At the same time the Government of the United States wishes to say with the utmost cordiality and good will that none of the conclusions here stated is meant to wear the least color of criticism of what the other governments associated against Germany may think it wise to undertake. It wishes in no way to embarrass their choices of policy. All that is intended here is a perfectly frank and definite statement of the policy which the United States feels obliged to adopt for herself and in the use of her military forces. The Government of the United States does not wish it to be understood that in so restricting its own activities it is seeking, even by implication, to set limits to the action or to define the policies of its Associates.
It hopes to carry out the plans for safeguarding the rear of the Czecho-Slovaks operating from Vladivostok in a way that will place it and keep it in close cooperation with a small military force like its own from Japan, and if necessary from the other Allies, and that will assure it of the cordial accord of all the allied powers; and it proposes to ask all associated in this course of action to unite in assuring the people of Russia in the most public and solemn manner that none of the governments uniting in action either in Siberia or in northern Russia contemplates any interference of any kind with the political sovereignty of Russia, any intervention in her internal affairs, or any impairment of her territorial integrity either now or hereafter, but that each of the associated powers has the single object of affording such aid as shall be acceptable, to the Russian people in their endeavor to regain control of their own affairs, their own territory, and their own destiny.
It is the hope and purpose of the Government of the United States to take advantage of the earliest opportunity to send to Siberia a commission of merchants, agricultural experts, labour advisors, Red Cross Representatives and agents of the Young Men’s Christian Association accustomed to organizing the best methods of spreading useful information and rendering educational help of a modest sort, in order in some systematic manner to relieve the immediate economic necessities of the people there in every way for which opportunity may be open. The execution of this plan will follow and will not be permitted to embarrass the military assistance rendered in the rear of the westward-moving forces of the Czecho-Slovaks.
/> Department of State
July 17, 191824
The strange document, which was not signed by the president, became the basis for the two Russian expeditions. It was a rambling, misguided document based on false assumptions and misinformation and was virtually impossible to comply with, particularly the paragraph that announced that a military intervention was probably justified, but it would be carried out without “any interference of any kind with the political sovereignty of Russia, any intervention in her internal affairs.” It began with the reasons for not sending troops to Russia, but ended with the statement that a token force could be sent purely for the purpose of guarding military supplies. Equally puzzling was the reference to the westward movement of the Czechs, which indicated an acceptance of the Czechs’ not leaving Russia, but being prepared to reenter the fighting in the Urals. Without national support or a clear understanding of their purpose, the two American expeditions entered Russia in late summer 1918, and, confused and unhappy, many stayed there until early in 1920, long after their brothers-in-arms on the western front had paraded in victory back in the United States.
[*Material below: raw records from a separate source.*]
//! The records on a disk.
ghost use Rattle.std.specs.Prelude.{◌≡◌, ◌≤◌, ◌<◌, ◌+◌, ◌⊎◌, ℕ, List, IfOk, IfErr, IfSome, IsSome, OnOk, IsErrOf, Err, option_map};
ghost use Rattle.qc_disk.specs.Disk.{HasCause, CountsOnce, Within, Only, Steps, LeavesOnly, FallsAway, Grows};
ghost use Rattle.qc_journal.specs.Image.{EndsAt, HasRecords, HasAt, IsBroken};
ghost use Rattle.qc_journal.specs.Device.{IsAlike, LeftOrAlike, made_ready};
ghost use Rattle.qc_journal.specs.Fault.{IsOfReading};
ghost use Rattle.qc_journal.specs.Found.{Finds, found_bodies};
ghost use Rattle.qc_journal.specs.declared.fault.Fault.TheVariants.{Broken};

use crate::device::{read_front, synced_len, write_synced};
use crate::fault::Fault;
use crate::image::{Found, scan};
use qc_disk::Disk;
use std::alloc::Global;

/// Syncs, and reads the records. At most one byte has none.
pub(crate) fn read_records<D: Disk>(alloc: Global, disk: &mut D) -> Result<Found, Fault>
    ensures found { IfOk result (Finds (D.view disk.old).content (D.view disk.new).size) }
    ensures durable { OnOk result (Only (D.view disk.new).content (D.view disk.new).may_leave) }
    ensures broken { (place : ℕ) → result ≡ Err (Broken place)
        → IfSome (D.view disk.old).content (IsBroken place) }
    ensures fault { IfErr result IsOfReading }
    ensures content { (D.view disk.new).content ≡ (D.view disk.old).content }
    ensures crash { Within (D.view disk.old).may_leave (D.view disk.new).may_leave }
    ensures any_moment { LeavesOnly D.view disk.old disk.new (D.view disk.old).may_leave }
    ensures falls { FallsAway D.view disk.old disk.new }
    ensures cause { HasCause (D.view disk.old).faults (D.view disk.new).faults
        (IsErrOf result Fault.Disk) }
    ensures counts_once { CountsOnce (D.view disk.old).faults (D.view disk.new).faults
        (IsErrOf result Fault.Disk) }
{
    let size = synced_len(disk)?;
    if size <= 1 {
        let bodies = Vec::new(alloc);
        return Ok(Found {
            size,
            place: 0,
            bodies,
        });
    }
    let bytes = read_front(alloc, disk, size)?;
    scan(alloc, &bytes)
}

/// Reads the records, and writes a closed gate where there is at most one byte.
pub(crate) fn prepare<D: Disk>(alloc: Global, disk: &mut D) -> Result<Found, Fault>
    ensures records { IfOk result (λ found. IfSome (D.view disk.old).content
        (HasRecords (found_bodies found))) }
    ensures ready { IfOk result (λ found. IfSome (D.view disk.new).content
        (EndsAt found.place (found_bodies found))) }
    ensures within { IfOk result (λ found. found.place + 1 ≤ (D.view disk.new).size) }
    ensures durable { OnOk result (Only (D.view disk.new).content (D.view disk.new).may_leave) }
    ensures broken { (place : ℕ) → result ≡ Err (Broken place)
        → IfSome (D.view disk.old).content (IsBroken place) }
    ensures fault { IfErr result IsOfReading }
    ensures made { OnOk result ((D.view disk.new).content ≡ option_map made_ready
        (D.view disk.old).content) }
    ensures content { Steps IsAlike (D.view disk.old).content (D.view disk.new).content }
    ensures any_moment { LeavesOnly D.view disk.old disk.new
        (LeftOrAlike (D.view disk.old).may_leave (D.view disk.old).content) }
    ensures grows { IsSome (D.view disk.old).content → (index : ℕ) (body : List ℕ)
        → Grows D.view disk.old disk.new (HasAt index body) }
    ensures cause { HasCause (D.view disk.old).faults (D.view disk.new).faults
        (IsErrOf result Fault.Disk) }
    ensures counts_once { CountsOnce (D.view disk.old).faults (D.view disk.new).faults
        (IsErrOf result Fault.Disk) }
{
    let found = read_records(alloc, disk)?;
    if found.size <= 1 {
        write_synced(disk, 0, &[0])?;
    }
    Ok(found)
}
The Allied expeditions to Russia were classic demonstrations of an isolated and uninformed military subject to irrational government decisions. While these were Allied efforts, this book deals primarily with the American involvement with the Archangel and Siberian expeditions in their regrettable campaigns. It is a tale of heroism, hardship, cowardice, and comradeship under conditions that rival those of Valley Forge and the Chosin Reservoir. While most of the men returned home to lead normal civilian lives, over four hundred of them never returned, but paid with their lives for the ill-fated Allied campaigns.